The answer must be an exact copy of all the data below.

··· EXERCISE DATA ···

//! Facts: what lower layers say of a module.

ghost use Rattle.serde_json.specs.Find.{as_null};
ghost use Rattle.json_document.specs.Document.Facts.{expression_fact_from, expression_fact_of, function_fact_from, function_fact_of, immediates_from, immediates_of, info_fact_of, layout_from, layout_of, mesh_analysis_fact_of, mesh_fault_of, type_info_of};

use crate::document::Documents;
use ir_arena::{Handle, tag};
use ir_errors::MeshFault;
use ir_facts::{ExpressionFact, FunctionFact, InfoFact, MeshAnalysisFact};
use ir_types::{Disalignment, ImmediateError, TypeInfo};
use json_values::{FromJson, Held, Holding, ReadError, read_holding, read_name};

/// The faults of outputs of mesh shaders.
const MESH_FAULTS: [(&str, MeshFault); 2] = [
    ("OutputType", MeshFault::OutputType),
    ("OutputField", MeshFault::OutputField),
];

impl FromJson<Documents> for MeshFault {
    ghost stands_for = { mesh_fault_of };

    fn from_json(_: Documents, held: Held) -> Result<Self, ReadError> {
        read_name(held.alloc, held.value, &MESH_FAULTS)
    }
}

/// Whether something is good.
#[derive(Clone, Copy)]
enum OutcomeName {
    Ok,
    Err,
}

/// Their names.
const OUTCOMES: [(&str, OutcomeName); 2] = [("Ok", OutcomeName::Ok), ("Err", OutcomeName::Err)];

/// The alignment of a layout, or the type that spoils it and why.
impl FromJson<Documents> for Result<u32, (Handle<tag::Type>, Disalignment)> {
    ghost stands_for = { layout_of };

    fn from_json(_: Documents, held: Held) -> Result<Self, ReadError> {
        read_holding(Documents, held, &OUTCOMES)
    }
}

impl Holding<OutcomeName, Documents> for Result<u32, (Handle<tag::Type>, Disalignment)> {
    ghost held_of = { layout_from };

    fn read_held(name: OutcomeName, _: Documents, held: Held) -> Result<Self, ReadError> {
        match name {
            OutcomeName::Ok => match held.read(Documents) {
                Ok(alignment) => Ok(Ok(alignment)),
                Err(error) => Err(error),
            },
            OutcomeName::Err => match held.read(Documents) {
                Ok((ty, reason)) => Ok(Err((ty, Disalignment(reason)))),
                Err(error) => Err(error),
            },
        }
    }
}

/// Whether a type can be an immediate, and why not.
impl FromJson<Documents> for Result<(), ImmediateError> {
    ghost stands_for = { immediates_of };

    fn from_json(_: Documents, held: Held) -> Result<Self, ReadError> {
        read_holding(Documents, held, &OUTCOMES)
    }
}

impl Holding<OutcomeName, Documents> for Result<(), ImmediateError> {
    ghost held_of = { immediates_from };

    fn read_held(name: OutcomeName, _: Documents, held: Held) -> Result<Self, ReadError> {
        match name {
            OutcomeName::Ok => match held.read(Documents) {
                Ok(()) => Ok(Ok(())),
                Err(error) => Err(error),
            },
            OutcomeName::Err => match held.read(Documents) {
                Ok(reason) => Ok(Err(ImmediateError(reason))),
                Err(error) => Err(error),
            },
        }
    }
}

/// Null alone.
impl FromJson<Documents> for () {
    ghost stands_for = { as_null };

    fn from_json(_: Documents, held: Held) -> Result<Self, ReadError> {
        match held.value.is_null() {
            true => Ok(()),
            false => Err(ReadError::expected(held.alloc, "null")),
        }
    }
}

impl FromJson<Documents> for TypeInfo {
    ghost stands_for = { type_info_of };

    fn from_json(_: Documents, held: Held) -> Result<Self, ReadError> {
        match held.four(
            Documents,
            &(
                "flags",
                "storage_layout",
                "uniform_layout",
                "immediates_compatibility",
            ),
        ) {
            Ok((flags, storage_layout, uniform_layout, immediates_compatibility)) => Ok(TypeInfo {
                flags,
                storage_layout,
                uniform_layout,
                immediates_compatibility,
            }),
            Err(error) => Err(error),
        }
    }
}

impl FromJson<Documents> for MeshAnalysisFact {
    ghost stands_for = { mesh_analysis_fact_of };

    fn from_json(_: Documents, held: Held) -> Result<Self, ReadError> {
        match held.three(Documents, &("implied", "overrides", "fault")) {
            Ok((implied, two, fault)) => {
                let (vertices, primitives) = two;
                let overrides = [vertices, primitives];
                Ok(MeshAnalysisFact {
                    implied,
                    overrides,
                    fault,
                })
            }
            Err(error) => Err(error),
        }
    }
}

/// What is known of an expression.
#[derive(Clone, Copy)]
enum ExpressionFactName {
    Stages,
    Error,
}

/// Their names.
const EXPRESSION_FACTS: [(&str, ExpressionFactName); 2] = [
    ("stages", ExpressionFactName::Stages),
    ("error", ExpressionFactName::Error),
];

impl FromJson<Documents> for ExpressionFact {
    ghost stands_for = { expression_fact_of };

    fn from_json(_: Documents, held: Held) -> Result<Self, ReadError> {
        read_holding(Documents, held, &EXPRESSION_FACTS)
    }
}

impl Holding<ExpressionFactName, Documents> for ExpressionFact {
    ghost held_of = { expression_fact_from };

    fn read_held(name: ExpressionFactName, _: Documents, held: Held) -> Result<Self, ReadError> {
        match name {
            ExpressionFactName::Stages => match held.read(Documents) {
                Ok(stages) => Ok(ExpressionFact::Stages(stages)),
                Err(error) => Err(error),
            },
            ExpressionFactName::Error => match held.read(Documents) {
                Ok(fault) => Ok(ExpressionFact::Error(fault)),
                Err(error) => Err(error),
            },
        }
    }
}

impl FromJson<Documents> for InfoFact {
    ghost stands_for = { info_fact_of };

    fn from_json(_: Documents, held: Held) -> Result<Self, ReadError> {
        match held.five(
            Documents,
            &(
                "types",
                "uses",
                "stages",
                "dual_source_blending",
                "expressions",
            ),
        ) {
            Ok((types, uses, stages, dual_source_blending, expressions)) => Ok(InfoFact {
                types,
                uses,
                stages,
                dual_source_blending,
                expressions,
            }),
            Err(error) => Err(error),
        }
    }
}

/// What is known of a function, or what is wrong with it.
#[derive(Clone, Copy)]
enum FunctionFactName {
    Info,
    Error,
}

/// Their names.
const FUNCTION_FACTS: [(&str, FunctionFactName); 2] = [
    ("info", FunctionFactName::Info),
    ("error", FunctionFactName::Error),
];

impl FromJson<Documents> for FunctionFact {
    ghost stands_for = { function_fact_of };

    fn from_json(_: Documents, held: Held) -> Result<Self, ReadError> {
        read_holding(Documents, held, &FUNCTION_FACTS)
    }
}

impl Holding<FunctionFactName, Documents> for FunctionFact {
    ghost held_of = { function_fact_from };

    fn read_held(name: FunctionFactName, _: Documents, held: Held) -> Result<Self, ReadError> {
        match name {
            FunctionFactName::Info => match held.read(Documents) {
                Ok(info) => Ok(FunctionFact::Info(info)),
                Err(error) => Err(error),
            },
            FunctionFactName::Error => match held.read(Documents) {
                Ok(fault) => Ok(FunctionFact::Error(fault)),
                Err(error) => Err(error),
            },
        }
    }
}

···

**OUTPUT FOR THIS EXERCISE:**
//! Facts: what lower layers say of a module.

ghost use Rattle.serde_json.specs.Find.{as_null};
ghost use Rattle.json_document.specs.Document.Facts.{expression_fact_from, expression_fact_of, function_fact_from, function_fact_of, immediates_from, immediates_of, info_fact_of, layout_from, layout_of, mesh_analysis_fact_of, mesh_fault_of, type_info_of};

use crate::document::Documents;
use ir_arena::{Handle, tag};
use ir_errors::MeshFault;
use ir_facts::{ExpressionFact, FunctionFact, InfoFact, MeshAnalysisFact};
use ir_types::{Disalignment, ImmediateError, TypeInfo};
use json_values::{FromJson, Held, Holding, ReadError, read_holding, read_name};

/// The faults of outputs of mesh shaders.
const MESH_FAULTS: [(&str, MeshFault); 2] = [
    ("OutputType", MeshFault::OutputType),
    ("OutputField", MeshFault::OutputField),
];

impl FromJson<Documents> for MeshFault {
    ghost stands_for = { mesh_fault_of };

    fn from_json(_: Documents, held: Held) -> Result<Self, ReadError> {
        read_name(held.alloc, held.value, &MESH_FAULTS)
    }
}

/// Whether something is good.
#[derive(Clone, Copy)]
enum OutcomeName {
    Ok,
    Err,
}

/// Their names.
const OUTCOMES: [(&str, OutcomeName); 2] = [("Ok", OutcomeName::Ok), ("Err", OutcomeName::Err)];

/// The alignment of a layout, or the type that spoils it and why.
impl FromJson<Documents> for Result<u32, (Handle<tag::Type>, Disalignment)> {
    ghost stands_for = { layout_of };

    fn from_json(_: Documents, held: Held) -> Result<Self, ReadError> {
        read_holding(Documents, held, &OUTCOMES)
    }
}

impl Holding<OutcomeName, Documents> for Result<u32, (Handle<tag::Type>, Disalignment)> {
    ghost held_of = { layout_from };

    fn read_held(name: OutcomeName, _: Documents, held: Held) -> Result<Self, ReadError> {
        match name {
            OutcomeName::Ok => match held.read(Documents) {
                Ok(alignment) => Ok(Ok(alignment)),
                Err(error) => Err(error),
            },
            OutcomeName::Err => match held.read(Documents) {
                Ok((ty, reason)) => Ok(Err((ty, Disalignment(reason)))),
                Err(error) => Err(error),
            },
        }
    }
}

/// Whether a type can be an immediate, and why not.
impl FromJson<Documents> for Result<(), ImmediateError> {
    ghost stands_for = { immediates_of };

    fn from_json(_: Documents, held: Held) -> Result<Self, ReadError> {
        read_holding(Documents, held, &OUTCOMES)
    }
}

impl Holding<OutcomeName, Documents> for Result<(), ImmediateError> {
    ghost held_of = { immediates_from };

    fn read_held(name: OutcomeName, _: Documents, held: Held) -> Result<Self, ReadError> {
        match name {
            OutcomeName::Ok => match held.read(Documents) {
                Ok(()) => Ok(Ok(())),
                Err(error) => Err(error),
            },
            OutcomeName::Err => match held.read(Documents) {
                Ok(reason) => Ok(Err(ImmediateError(reason))),
                Err(error) => Err(error),
            },
        }
    }
}

/// Null alone.
impl FromJson<Documents> for () {
    ghost stands_for = { as_null };

    fn from_json(_: Documents, held: Held) -> Result<Self, ReadError> {
        match held.value.is_null() {
            true => Ok(()),
            false => Err(ReadError::expected(held.alloc, "null")),
        }
    }
}

impl FromJson<Documents> for TypeInfo {
    ghost stands_for = { type_info_of };

    fn from_json(_: Documents, held: Held) -> Result<Self, ReadError> {
        match held.four(
            Documents,
            &(
                "flags",
                "storage_layout",
                "uniform_layout",
                "immediates_compatibility",
            ),
        ) {
            Ok((flags, storage_layout, uniform_layout, immediates_compatibility)) => Ok(TypeInfo {
                flags,
                storage_layout,
                uniform_layout,
                immediates_compatibility,
            }),
            Err(error) => Err(error),
        }
    }
}

impl FromJson<Documents> for MeshAnalysisFact {
    ghost stands_for = { mesh_analysis_fact_of };

    fn from_json(_: Documents, held: Held) -> Result<Self, ReadError> {
        match held.three(Documents, &("implied", "overrides", "fault")) {
            Ok((implied, two, fault)) => {
                let (vertices, primitives) = two;
                let overrides = [vertices, primitives];
                Ok(MeshAnalysisFact {
                    implied,
                    overrides,
                    fault,
                })
            }
            Err(error) => Err(error),
        }
    }
}

/// What is known of an expression.
#[derive(Clone, Copy)]
enum ExpressionFactName {
    Stages,
    Error,
}

/// Their names.
const EXPRESSION_FACTS: [(&str, ExpressionFactName); 2] = [
    ("stages", ExpressionFactName::Stages),
    ("error", ExpressionFactName::Error),
];

impl FromJson<Documents> for ExpressionFact {
    ghost stands_for = { expression_fact_of };

    fn from_json(_: Documents, held: Held) -> Result<Self, ReadError> {
        read_holding(Documents, held, &EXPRESSION_FACTS)
    }
}

impl Holding<ExpressionFactName, Documents> for ExpressionFact {
    ghost held_of = { expression_fact_from };

    fn read_held(name: ExpressionFactName, _: Documents, held: Held) -> Result<Self, ReadError> {
        match name {
            ExpressionFactName::Stages => match held.read(Documents) {
                Ok(stages) => Ok(ExpressionFact::Stages(stages)),
                Err(error) => Err(error),
            },
            ExpressionFactName::Error => match held.read(Documents) {
                Ok(fault) => Ok(ExpressionFact::Error(fault)),
                Err(error) => Err(error),
            },
        }
    }
}

impl FromJson<Documents> for InfoFact {
    ghost stands_for = { info_fact_of };

    fn from_json(_: Documents, held: Held) -> Result<Self, ReadError> {
        match held.five(
            Documents,
            &(
                "types",
                "uses",
                "stages",
                "dual_source_blending",
                "expressions",
            ),
        ) {
            Ok((types, uses, stages, dual_source_blending, expressions)) => Ok(InfoFact {
                types,
                uses,
                stages,
                dual_source_blending,
                expressions,
            }),
            Err(error) => Err(error),
        }
    }
}

/// What is known of a function, or what is wrong with it.
#[derive(Clone, Copy)]
enum FunctionFactName {
    Info,
    Error,
}

/// Their names.
const FUNCTION_FACTS: [(&str, FunctionFactName); 2] = [
    ("info", FunctionFactName::Info),
    ("error", FunctionFactName::Error),
];

impl FromJson<Documents> for FunctionFact {
    ghost stands_for = { function_fact_of };

    fn from_json(_: Documents, held: Held) -> Result<Self, ReadError> {
        read_holding(Documents, held, &FUNCTION_FACTS)
    }
}

impl Holding<FunctionFactName, Documents> for FunctionFact {
    ghost held_of = { function_fact_from };

    fn read_held(name: FunctionFactName, _: Documents, held: Held) -> Result<Self, ReadError> {
        match name {
            FunctionFactName::Info => match held.read(Documents) {
                Ok(info) => Ok(FunctionFact::Info(info)),
                Err(error) => Err(error),
            },
            FunctionFactName::Error => match held.read(Documents) {
                Ok(fault) => Ok(FunctionFact::Error(fault)),
                Err(error) => Err(error),
            },
        }
    }
}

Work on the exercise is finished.